Shortform Explanation: Comedy writer Gene Perret once published a Comedy Writing Workbook and in it he suggests collecting “25 jokes that you think are top drawer.” What follows may not be my absolute favorite jokes but they’re great examples of what makes me laugh; “good, solid jokes that you would have been proud to have written; jokes that you would like in your own comedy act..” Below is the kind of humor I wish I could pull off on stage, and admire the heck out of people who already do without batting an eye. These are purposefully in no particular order. If I ever decide to number them, it’s only to show off whether or not i ever make it to twenty-five.
LEWIS BLACK‘s Gay Banditos
..And these queers… these queers… don their black hoods, and matching pumps, very tasteful..
GEORGE CARLIN‘s Stuff
Have you ever noticed that their stuff is shit and your shit is stuff?
BILL COSBY‘s Noah
Who is this really? What do ya want? I been good! ..am I on candid camera?
BROOKS AND REINER‘s 2000 Year Old Man
Tragedy is I stub my toe. Comedy is you fall in an open manhole and die.
ABBOT AND COSTELLO‘s Who’s On First
Who’s on first. What’s on second. I don’t know’s on third.”
“That’s what I wanna find out!
ELLEN DEGENERES‘s Phone Call To God
..except for fleas..
WHOOPI GOLDBERG‘s Surfer Girl
..there’s water in my body and there’s water in the ocean and we pass water and water passes us..
WENDY LIEBMAN‘s Forty Something
I just turned forty-six. I don’t feel forty-six cuz I’m forty-seven..

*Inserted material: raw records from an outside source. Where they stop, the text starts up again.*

//! Tables of sessions: each is made on a kernel of its own.
use crate::asked::{Ask, Data, Want};
use crate::bench::Bench;
use pl_model::Limits;
use std::alloc::Global;
use std::test::Fail;

/// What is asked of a new kernel, and what it is to answer.
#[derive(Clone, Copy)]
pub struct Session {
    /// What a failure calls the session.
    pub name: &'static str,
    /// The number of the first call that waits.
    pub first_call: u64,
    /// So many processes start before the first row, at most 1,024.
    pub processes: u32,
    /// The first so many of these fill their tables before the first row.
    pub full_tables: u32,
    /// At least one step, with what it comes to.
    pub rows: &'static [(Ask, Want)],
    /// The files that are asked for behind those, each with its bytes; `None` where there is no such file.
    pub files: &'static [(Data, Option<Data>)],
    /// Steps behind those.
    pub more: &'static [(Ask, Want)],
    /// The names of the files that are there at the end.
    pub names: &'static [Data],
}

/// A session of a kernel without processes, whose calls are numbered from 1: it lacks its name and its rows.
pub const NEW_KERNEL: Session = Session {
    name: "",
    first_call: 1,
    processes: 0,
    full_tables: 0,
    rows: &[],
    files: &[],
    more: &[],
    names: &[],
};

/// Makes each session on a kernel of its own, within the limits but for its first call, and once more on one whose writes come from
/// buffers, and whose reads go into such. It fails at the first row that isn't answered as it says, whose number it tells with its
/// session, at a session whose bytes outlive its processes and names or that has no rows, and where there is no memory for the bytes
/// of a row.
pub fn each_answers(alloc: Global, limits: Limits, sessions: &[Session]) -> Result<(), Fail> {
    for session in sessions {
        session_answers(alloc, limits, session, false)?;
        session_answers(alloc, limits, session, true)?;
    }
    Ok(())
}

/// Makes all of the session, ends its processes, and takes its names away.
fn make(bench: &mut Bench, session: &Session) -> Result<(), Fail> {
    bench.prepare(session.processes, session.full_tables)?;
    bench.all_answer(session.rows)?;
    bench.files_have(session.files)?;
    bench.all_answer(session.more)?;
    bench.ends_empty(session.names)
}

fn session_answers(
    alloc: Global,
    limits: Limits,
    session: &Session,
    on_buffers: bool,
) -> Result<(), Fail> {
    if session.rows.is_empty() {
        return Err(Fail::from("a session has no rows"));
    }
    let limits = Limits {
        first_call: session.first_call,
        ..limits
    };
    let mut bench = Bench::new(session.name, alloc, alloc, limits)?;
    if on_buffers {
        bench.use_buffers();
    }
    make(&mut bench, session)
}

HENNY YOUNGMAN‘s Take My Wife Please
Take my wife, Please!
BILL COSBY‘s Brain Damage
Didn’t I just tell you not to do that? She says, Uh-huh! Then why did you do it? I dunno! Brain Damage!
BILL HICKS‘s Positive Drug Story
…and now here’s Tom with the weather!
DYLAN MORAN‘s endless rambling
Granny used to say ‘necks and groins. don’t matter how big they are, everything has a neck and a groin’.
[this project is currently ongoing and in progress. please excuse the mess.]